(Records from a collection)
Content starts
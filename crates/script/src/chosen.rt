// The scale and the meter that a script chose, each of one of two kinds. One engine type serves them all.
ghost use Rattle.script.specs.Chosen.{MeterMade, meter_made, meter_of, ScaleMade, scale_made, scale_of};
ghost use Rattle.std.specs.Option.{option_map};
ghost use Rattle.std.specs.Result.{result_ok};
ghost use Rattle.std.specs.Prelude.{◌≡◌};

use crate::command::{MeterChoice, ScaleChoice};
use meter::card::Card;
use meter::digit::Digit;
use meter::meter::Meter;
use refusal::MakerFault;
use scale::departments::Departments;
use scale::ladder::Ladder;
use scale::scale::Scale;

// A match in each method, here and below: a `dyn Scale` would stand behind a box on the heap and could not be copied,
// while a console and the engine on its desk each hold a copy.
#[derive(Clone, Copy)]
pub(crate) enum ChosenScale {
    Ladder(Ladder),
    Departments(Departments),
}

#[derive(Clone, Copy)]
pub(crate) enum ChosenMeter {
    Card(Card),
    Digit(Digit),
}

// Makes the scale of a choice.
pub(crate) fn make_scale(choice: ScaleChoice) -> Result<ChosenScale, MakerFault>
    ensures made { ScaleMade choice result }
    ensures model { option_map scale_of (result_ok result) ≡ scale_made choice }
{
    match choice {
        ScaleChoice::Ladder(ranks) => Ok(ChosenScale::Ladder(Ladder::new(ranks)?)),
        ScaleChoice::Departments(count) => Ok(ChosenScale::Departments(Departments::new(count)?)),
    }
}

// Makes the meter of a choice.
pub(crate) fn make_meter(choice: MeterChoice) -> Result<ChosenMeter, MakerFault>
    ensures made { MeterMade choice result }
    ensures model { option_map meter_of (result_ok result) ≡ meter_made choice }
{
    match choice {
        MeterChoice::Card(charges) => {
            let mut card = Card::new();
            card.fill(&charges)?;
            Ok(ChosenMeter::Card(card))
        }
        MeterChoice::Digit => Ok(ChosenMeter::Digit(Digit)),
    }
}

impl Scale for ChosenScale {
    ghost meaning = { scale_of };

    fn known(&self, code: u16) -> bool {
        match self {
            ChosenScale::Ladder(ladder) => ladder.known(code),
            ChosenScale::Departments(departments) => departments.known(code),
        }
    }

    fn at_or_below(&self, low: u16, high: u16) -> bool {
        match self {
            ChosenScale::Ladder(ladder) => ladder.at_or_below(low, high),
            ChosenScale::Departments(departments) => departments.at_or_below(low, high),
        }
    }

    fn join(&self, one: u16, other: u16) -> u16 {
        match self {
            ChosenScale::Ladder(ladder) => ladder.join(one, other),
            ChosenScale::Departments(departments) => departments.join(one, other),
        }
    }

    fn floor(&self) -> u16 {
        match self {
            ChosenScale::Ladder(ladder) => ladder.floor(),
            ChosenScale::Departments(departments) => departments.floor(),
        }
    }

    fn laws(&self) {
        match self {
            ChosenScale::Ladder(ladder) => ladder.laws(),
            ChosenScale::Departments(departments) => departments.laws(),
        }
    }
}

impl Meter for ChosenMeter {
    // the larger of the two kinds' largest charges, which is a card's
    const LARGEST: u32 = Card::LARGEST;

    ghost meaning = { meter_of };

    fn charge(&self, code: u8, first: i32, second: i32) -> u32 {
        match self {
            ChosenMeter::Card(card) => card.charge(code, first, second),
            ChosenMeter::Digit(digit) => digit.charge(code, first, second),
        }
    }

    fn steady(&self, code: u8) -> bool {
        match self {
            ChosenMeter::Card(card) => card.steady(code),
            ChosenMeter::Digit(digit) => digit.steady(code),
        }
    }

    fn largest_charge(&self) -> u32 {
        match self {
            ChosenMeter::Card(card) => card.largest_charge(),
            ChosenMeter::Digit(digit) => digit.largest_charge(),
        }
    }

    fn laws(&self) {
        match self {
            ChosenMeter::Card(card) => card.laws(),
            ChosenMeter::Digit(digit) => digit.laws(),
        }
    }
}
Content ends
Content starts
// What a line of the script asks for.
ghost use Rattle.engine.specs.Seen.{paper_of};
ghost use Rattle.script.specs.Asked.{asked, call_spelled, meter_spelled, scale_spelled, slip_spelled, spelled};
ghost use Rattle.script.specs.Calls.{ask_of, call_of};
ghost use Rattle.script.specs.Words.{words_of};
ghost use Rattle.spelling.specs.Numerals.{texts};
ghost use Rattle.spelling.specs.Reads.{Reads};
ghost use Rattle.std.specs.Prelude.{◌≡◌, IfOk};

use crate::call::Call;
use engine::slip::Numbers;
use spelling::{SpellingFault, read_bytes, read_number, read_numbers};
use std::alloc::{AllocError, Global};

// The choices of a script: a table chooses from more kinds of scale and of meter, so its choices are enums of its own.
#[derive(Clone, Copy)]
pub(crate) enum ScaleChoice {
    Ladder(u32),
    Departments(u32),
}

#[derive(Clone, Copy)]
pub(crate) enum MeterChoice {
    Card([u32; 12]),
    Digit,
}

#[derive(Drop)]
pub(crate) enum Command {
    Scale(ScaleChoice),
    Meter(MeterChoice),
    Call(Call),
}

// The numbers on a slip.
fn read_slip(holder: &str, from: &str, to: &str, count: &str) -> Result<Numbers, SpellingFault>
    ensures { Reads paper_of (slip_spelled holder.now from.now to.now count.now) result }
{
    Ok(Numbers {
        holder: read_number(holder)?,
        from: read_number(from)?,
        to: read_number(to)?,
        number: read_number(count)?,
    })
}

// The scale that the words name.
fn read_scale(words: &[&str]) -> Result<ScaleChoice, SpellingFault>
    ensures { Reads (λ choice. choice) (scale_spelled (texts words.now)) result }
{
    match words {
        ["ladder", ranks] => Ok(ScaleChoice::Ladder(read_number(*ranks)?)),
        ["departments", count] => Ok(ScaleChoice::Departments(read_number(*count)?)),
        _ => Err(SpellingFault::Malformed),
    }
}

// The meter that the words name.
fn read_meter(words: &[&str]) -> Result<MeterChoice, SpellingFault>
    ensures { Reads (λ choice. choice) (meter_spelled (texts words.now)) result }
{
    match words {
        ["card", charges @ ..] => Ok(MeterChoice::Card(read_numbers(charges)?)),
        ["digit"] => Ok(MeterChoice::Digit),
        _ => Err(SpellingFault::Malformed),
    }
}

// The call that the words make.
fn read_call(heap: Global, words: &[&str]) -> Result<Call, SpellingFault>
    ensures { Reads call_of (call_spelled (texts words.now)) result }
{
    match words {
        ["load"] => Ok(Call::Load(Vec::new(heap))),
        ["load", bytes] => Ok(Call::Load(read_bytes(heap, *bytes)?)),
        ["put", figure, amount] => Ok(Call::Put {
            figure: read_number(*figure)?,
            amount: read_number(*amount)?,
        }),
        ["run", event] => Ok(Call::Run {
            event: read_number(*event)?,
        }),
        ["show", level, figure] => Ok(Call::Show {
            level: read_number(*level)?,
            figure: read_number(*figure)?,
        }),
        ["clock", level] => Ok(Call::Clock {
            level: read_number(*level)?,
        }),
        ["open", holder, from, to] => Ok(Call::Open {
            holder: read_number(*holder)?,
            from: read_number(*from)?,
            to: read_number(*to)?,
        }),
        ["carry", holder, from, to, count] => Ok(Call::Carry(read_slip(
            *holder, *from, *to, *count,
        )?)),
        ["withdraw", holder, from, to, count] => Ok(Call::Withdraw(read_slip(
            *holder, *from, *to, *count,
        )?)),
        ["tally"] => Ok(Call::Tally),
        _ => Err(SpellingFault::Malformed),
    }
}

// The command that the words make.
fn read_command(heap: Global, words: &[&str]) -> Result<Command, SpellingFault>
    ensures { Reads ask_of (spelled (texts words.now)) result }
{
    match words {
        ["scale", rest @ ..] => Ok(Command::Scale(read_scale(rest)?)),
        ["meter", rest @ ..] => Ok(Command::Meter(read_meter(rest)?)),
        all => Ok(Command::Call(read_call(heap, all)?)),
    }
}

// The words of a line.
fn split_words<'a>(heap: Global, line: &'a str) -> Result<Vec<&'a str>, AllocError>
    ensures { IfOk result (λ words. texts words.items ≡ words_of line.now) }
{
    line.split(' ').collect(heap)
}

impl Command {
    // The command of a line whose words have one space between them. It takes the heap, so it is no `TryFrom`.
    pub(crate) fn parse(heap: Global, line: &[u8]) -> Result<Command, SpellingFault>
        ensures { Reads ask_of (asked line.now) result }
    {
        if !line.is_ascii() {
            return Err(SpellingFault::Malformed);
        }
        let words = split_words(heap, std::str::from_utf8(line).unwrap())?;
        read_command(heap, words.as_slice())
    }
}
Content ends
Content starts
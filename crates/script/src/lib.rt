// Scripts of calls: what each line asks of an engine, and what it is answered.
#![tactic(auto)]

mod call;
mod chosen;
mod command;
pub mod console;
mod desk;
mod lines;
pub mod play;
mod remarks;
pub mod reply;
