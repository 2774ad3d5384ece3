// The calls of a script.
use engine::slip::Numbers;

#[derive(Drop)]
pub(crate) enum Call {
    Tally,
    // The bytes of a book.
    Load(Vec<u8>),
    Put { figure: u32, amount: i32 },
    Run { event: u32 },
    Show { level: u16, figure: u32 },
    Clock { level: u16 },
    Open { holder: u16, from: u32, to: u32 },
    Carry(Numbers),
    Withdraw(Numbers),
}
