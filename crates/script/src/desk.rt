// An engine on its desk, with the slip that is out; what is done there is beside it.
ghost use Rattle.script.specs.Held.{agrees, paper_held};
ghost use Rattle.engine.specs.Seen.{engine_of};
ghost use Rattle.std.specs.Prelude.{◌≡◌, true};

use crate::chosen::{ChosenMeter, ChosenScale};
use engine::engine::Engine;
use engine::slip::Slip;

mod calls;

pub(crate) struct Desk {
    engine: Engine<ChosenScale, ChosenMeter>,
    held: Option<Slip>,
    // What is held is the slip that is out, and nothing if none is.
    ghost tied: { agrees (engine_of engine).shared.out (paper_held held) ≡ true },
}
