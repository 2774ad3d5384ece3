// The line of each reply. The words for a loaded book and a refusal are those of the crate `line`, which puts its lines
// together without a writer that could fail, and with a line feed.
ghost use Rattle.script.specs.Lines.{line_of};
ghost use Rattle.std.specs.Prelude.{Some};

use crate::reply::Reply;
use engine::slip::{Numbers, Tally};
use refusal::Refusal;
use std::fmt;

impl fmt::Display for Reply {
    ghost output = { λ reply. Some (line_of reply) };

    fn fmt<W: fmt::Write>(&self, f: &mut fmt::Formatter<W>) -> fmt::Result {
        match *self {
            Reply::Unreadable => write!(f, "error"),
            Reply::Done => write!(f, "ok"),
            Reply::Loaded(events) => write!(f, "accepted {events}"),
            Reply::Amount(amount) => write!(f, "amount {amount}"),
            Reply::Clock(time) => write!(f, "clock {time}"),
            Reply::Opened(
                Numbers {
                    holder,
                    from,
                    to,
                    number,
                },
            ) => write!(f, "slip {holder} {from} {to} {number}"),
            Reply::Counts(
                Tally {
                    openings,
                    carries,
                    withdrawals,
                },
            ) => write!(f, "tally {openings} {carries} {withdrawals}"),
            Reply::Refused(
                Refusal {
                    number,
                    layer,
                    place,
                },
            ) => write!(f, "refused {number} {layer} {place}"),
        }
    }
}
Content ends
> [Instructions to follow] Write out every line of the entries that holds the word "level".

> [Exercise response]
        ["show", level, figure] => Ok(Call::Show {
            level: read_number(*level)?,
        ["clock", level] => Ok(Call::Clock {
            level: read_number(*level)?,
    Show { level: u16, figure: u32 },
    Clock { level: u16 },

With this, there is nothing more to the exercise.